Inclinarse y saltar hacia una pérdida de energía cero

Una vez que los investigadores cultivaron varias muestras de cristales, cada una de aproximadamente un milímetro de ancho, entregaron las muestras a colaboradores de Harvard, quienes tomaron imágenes de las capas atómicas individuales dentro de cada cristal utilizando microscopía electrónica de transmisión. Las imágenes resultantes revelaron que la disposición de los átomos de hierro y estaño dentro de cada capa se parecía a los patrones triangulares de la red de kagome. Específicamente, los átomos de hierro se colocaron en las esquinas de cada triángulo, mientras que un solo átomo de estaño se sentó dentro del espacio hexagonal más grande creado entre los triángulos entrelazados.

Luego, pasaste una corriente eléctrica a través de las capas cristalinas y monitoreaste su flujo a través de los voltajes eléctricos que producían. Descubrió que las cargas se desviaron de una manera que parecía bidimensional, a pesar de la naturaleza tridimensional de los cristales.

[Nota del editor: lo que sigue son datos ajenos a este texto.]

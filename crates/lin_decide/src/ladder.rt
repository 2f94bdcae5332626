//! The ladder: every way to the answer for one problem, and which of them is gone when.
//!
//!   key by key, where the effort says so first ---- told ----------------> that
//!      |
//!   what shows without a search (`shown`) --------- there is none -------> none
//!      |
//!   +> in order: a first search where something is known ahead, else key by key or a full one --- told ---> that
//!   |     |  (of a counter in the other order)
//!   |  by blocks: pending calls only between completed ones --------------------------------- told ---> that
//!   |     |
//!   |  once, where calls are pending: a queue or a stack without its lost items ------- there is none ---> none
//!   |     |
//!   +-----+ nothing: the next round, several times as far, until the effort or the work ends
//!
//! How far each goes stands in `lin_effort::efforts`; there is no number here.

ghost use Rattle.std.specs.Prelude.{◌≡◌, ℕ, List, IfOk, IfSome, IsFalse, IsTrue};
ghost use Rattle.lin_history.specs.Problems.Problem.{Problem as ProblemOf};
ghost use Rattle.lin_history.specs.Problems.AnyProblem.{any_problem};
ghost use Rattle.lin_history.specs.Problems.Linearizations.{IsLinearization};
ghost use Rattle.lin_ahead.specs.Behind.{IsRightAhead};
ghost use Rattle.lin_ahead.specs.First.FirstProgress.{AreRefuted};
ghost use Rattle.lin_decide.specs.Begun.{IsBegunOf};
ghost use Rattle.lin_fewer.specs.Knowledge.{AreJudged};
ghost use Rattle.lin_effort.specs.Decision.{IsDecisionOf};
ghost use Rattle.lin_search.specs.Told.{IsRightOf};

use crate::begun::Begun;
use crate::keys::key_search::search_by_key;
use crate::shown::shows_none;
use lin_ahead::{KnownAhead, RefutedSet, held_until, known_ahead, search_first};
use lin_effort::efforts::{bound, lifts_within, may_take_steps};
use lin_effort::{Decide, Decision, Effort, Keys, Meter, Work};
use lin_fewer::{
    ItemRules, Judged, SumRules, has_many_pending, is_refuted_with_any_adds, least_linearization,
    shows_linearization,
};
use lin_history::{Order, Problem};
use lin_lost::{Guessing, Remainder, without_lost};
use lin_object::{AnyObject, ObjState, Op, Reply};
use lin_search::{Stop, Told, search_for_order};
use std::alloc::{AllocError, Global};

// Whether the object is a counter.
fn is_counter(problem: &Problem<AnyObject>) -> bool {
    matches!(problem.start(), ObjState::Counter(_))
}

// Whether it is a mutex.
fn is_mutex(problem: &Problem<AnyObject>) -> bool {
    matches!(problem.start(), ObjState::Mutex(_))
}

// Whether it is a set.
fn is_set(problem: &Problem<AnyObject>) -> bool {
    matches!(problem.start(), ObjState::Set(_))
}

// Whether it is a queue or a stack.
fn has_items(problem: &Problem<AnyObject>) -> bool {
    matches!(problem.start(), ObjState::Queue(_) | ObjState::Stack(_))
}

// Whether some call is pending.
fn has_pending(problem: &Problem<AnyObject>) -> bool {
    problem.calls().iter().any(|call| call.returned.is_none())
}

// What a search tells of a map or a set that goes key by key.
fn told_by_key<S: Stop>(
    alloc: Global,
    problem: &Problem<AnyObject>,
    lifts: u64,
    stop: &mut S,
) -> Result<Told, AllocError>
    ensures { IfOk result (IsRightOf (any_problem problem.now)) }
{
    search_by_key(alloc, problem, Some(lifts), stop)
}

// What a search of so many steps tells that tries pending calls only between completed ones.
fn told_in_steps<S: Stop>(
    alloc: Global,
    problem: &Problem<AnyObject>,
    judged: &mut Judged<AnyObject>,
    steps: u64,
    stop: &mut S,
) -> Result<Told, AllocError>
    requires { AreJudged (any_problem problem.now) judged.old }
    ensures judged { AreJudged (any_problem problem.now) judged.new }
    ensures told { IfOk result (IsRightOf (any_problem problem.now)) }
{
    if has_items(problem) {
        let rules = ItemRules::of(alloc, problem)?;
        return least_linearization(alloc, problem, &rules, judged, steps, stop);
    }
    let rules = SumRules::of(alloc, problem)?;
    least_linearization(alloc, problem, &rules, judged, steps, stop)
}

// Whether such a search finds in so many steps that there is an order.
fn shows_order_in_steps<S: Stop>(
    alloc: Global,
    problem: &Problem<AnyObject>,
    judged: &mut Judged<AnyObject>,
    steps: u64,
    stop: &mut S,
) -> Result<bool, AllocError>
    requires { AreJudged (any_problem problem.now) judged.old }
    ensures judged { AreJudged (any_problem problem.now) judged.new }
    ensures shown { IfOk result (λ shown. IsTrue shown
        → (l : List ℕ) × IsLinearization (any_problem problem.now) l) }
{
    if has_items(problem) {
        let rules = ItemRules::of(alloc, problem)?;
        return shows_linearization(alloc, problem, &rules, judged, steps, stop);
    }
    let rules = SumRules::of(alloc, problem)?;
    shows_linearization(alloc, problem, &rules, judged, steps, stop)
}

// What a search tells that keeps what it refuted: key by key before it, where the effort says so.
fn told_in_full<S: Stop>(
    alloc: Global,
    problem: &Problem<AnyObject>,
    keys: Keys,
    lifts: u64,
    stop: &mut S,
) -> Result<Told, AllocError>
    ensures { IfOk result (IsRightOf (any_problem problem.now)) }
{
    if keys == Keys::InRounds {
        match told_by_key(alloc, problem, lifts, stop)? {
            Told::Nothing => {}
            told => return Ok(told),
        }
    }
    search_for_order(alloc, problem, lifts, stop)
}

// What a search tells that goes by the order of the calls: a first search where something is known ahead. An item of a set has two states
// alone, so a search that keeps what it refuted goes before it.
fn told_in_order<S: Stop>(
    alloc: Global,
    problem: &Problem<AnyObject>,
    known: &Option<KnownAhead>,
    refuted: &mut RefutedSet<AnyObject>,
    effort: &Effort,
    stop: &mut S,
) -> Result<Told, AllocError>
    requires known { IfSome known.now (IsRightAhead (any_problem problem.now)) }
    requires refuted { AreRefuted (any_problem problem.now) refuted.old }
    ensures refuted { AreRefuted (any_problem problem.now) refuted.new }
    ensures told { IfOk result (IsRightOf (any_problem problem.now)) }
{
    let Some(ahead) = known else {
        return told_in_full(alloc, problem, effort.keys, effort.lifts, stop);
    };
    if is_set(problem) {
        match told_in_full(alloc, problem, Keys::Never, effort.lifts, stop)? {
            Told::Nothing => {}
            told => return Ok(told),
        }
    }
    search_first(alloc, problem, ahead, refuted, effort.lifts, stop)
}

// The same, where no other such search goes before or behind it, and none goes key by key.
fn told_once_in_order<S: Stop>(
    alloc: Global,
    problem: &Problem<AnyObject>,
    known: &Option<KnownAhead>,
    effort: &Effort,
    stop: &mut S,
) -> Result<Told, AllocError>
    requires { IfSome known.now (IsRightAhead (any_problem problem.now)) }
    ensures { IfOk result (IsRightOf (any_problem problem.now)) }
{
    let effort = Effort {
        keys: Keys::Never,
        ..*effort
    };
    let mut refuted = RefutedSet::new(alloc);
    told_in_order(alloc, problem, known, &mut refuted, &effort, stop)
}

// Whether the problem has no linearization, by what shows without a search, or by a search that goes by the order of the calls.
fn has_none_in_order<S: Stop>(
    alloc: Global,
    problem: &Problem<AnyObject>,
    effort: &Effort,
    stop: &mut S,
) -> Result<bool, AllocError>
    ensures { IfOk result (λ none. IsTrue none
        → (l : List ℕ) → IsLinearization (any_problem problem.now) l → ⊥) }
{
    let known = known_ahead(alloc, problem)?;
    if shows_none(alloc, problem, &known)? {
        return Ok(true);
    }
    match told_once_in_order(alloc, problem, &known, effort, stop)? {
        Told::Refuted => Ok(true),
        Told::Found(_) | Told::Nothing => Ok(false),
    }
}

// An order of the problem, if a search finds one that goes by the order of the calls.
fn order_of<S: Stop>(
    alloc: Global,
    problem: &Problem<AnyObject>,
    effort: &Effort,
    stop: &mut S,
) -> Result<Option<Order>, AllocError> {
    let known = known_ahead(alloc, problem)?;
    match told_once_in_order(alloc, problem, &known, effort, stop)? {
        Told::Found(order) => Ok(Some(order)),
        Told::Refuted | Told::Nothing => Ok(None),
    }
}

// How many steps a search of so many calls makes that is to show that there is an order.
fn steps_to_show(calls: usize) -> u64 {
    let effort = bound(calls);
    effort.lifts.saturating_mul(effort.steps_for_a_lift)
}

// What is decided where this is told; where nothing is, nothing will be once all has ended.
fn decision_of(told: Told, has_ended: bool) -> Decision
    ensures decided { (p : ProblemOf ObjState Op Reply) → IsRightOf p told → IsDecisionOf p result }
    ensures stopped { result ≡ Decision.Stopped → IsTrue has_ended }
    ensures spent { result ≡ Decision.Spent → IsFalse has_ended }
{
    match told {
        Told::Found(order) => Decision::Found(order),
        Told::Refuted => Decision::Refuted,
        Told::Nothing if has_ended => Decision::Stopped,
        Told::Nothing => Decision::Spent,
    }
}

/// Decides parts of one problem, or the problem itself, by every way there is, until the work is done or the stop answers. Each search
/// takes what it does.
#[derive(Drop)]
pub struct Ladder<'a, S> {
    has_pending: bool,
    has_many_pending: bool,
    meter: Meter<'a, S>,
}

La prueba definitiva provino de los experimentos de fotoelectrones llevados a cabo por el coautor Kang, quien, en concierto con el equipo de LBNL, pudo demostrar que los espectros electrónicos correspondían efectivamente a electrones bidimensionales. 

“Al observar de cerca las bandas electrónicas, notamos algo inusual”, agrega Kang. “Los electrones de este material magnético se comportaron como partículas de Dirac masivas, algo que se había predicho hace mucho tiempo pero nunca antes se había visto en estos sistemas”.

“La capacidad única de este material para entrelazar el magnetismo y la topología sugiere que bien pueden engendrar otros fenómenos emergentes”, dice Comin. “Nuestro próximo objetivo es detectar y manipular los estados de borde que son la consecuencia misma de la naturaleza topológica de estas fases electrónicas cuánticas recién descubiertas”. 

Mirando más allá, el equipo ahora está investigando formas de estabilizar otras estructuras de celosía de kagome más bidimensionales. Dichos materiales, si se pueden sintetizar, podrían usarse para explorar no solo dispositivos con pérdida de energía cero, como líneas eléctricas sin disipación, sino también aplicaciones para computación cuántica .

“Para nuevas direcciones en la ciencia de la información cuántica, existe un interés creciente en los circuitos cuánticos novedosos con vías que no se disipan y son quirales”, dice Checkelsky. “Estos metales kagome ofrecen una nueva vía de diseño de materiales para realizar nuevas plataformas para circuitos cuánticos”.

Esta investigación fue apoyada en parte por la Fundación Gordon y Betty Moore y la Fundación Nacional de Ciencias.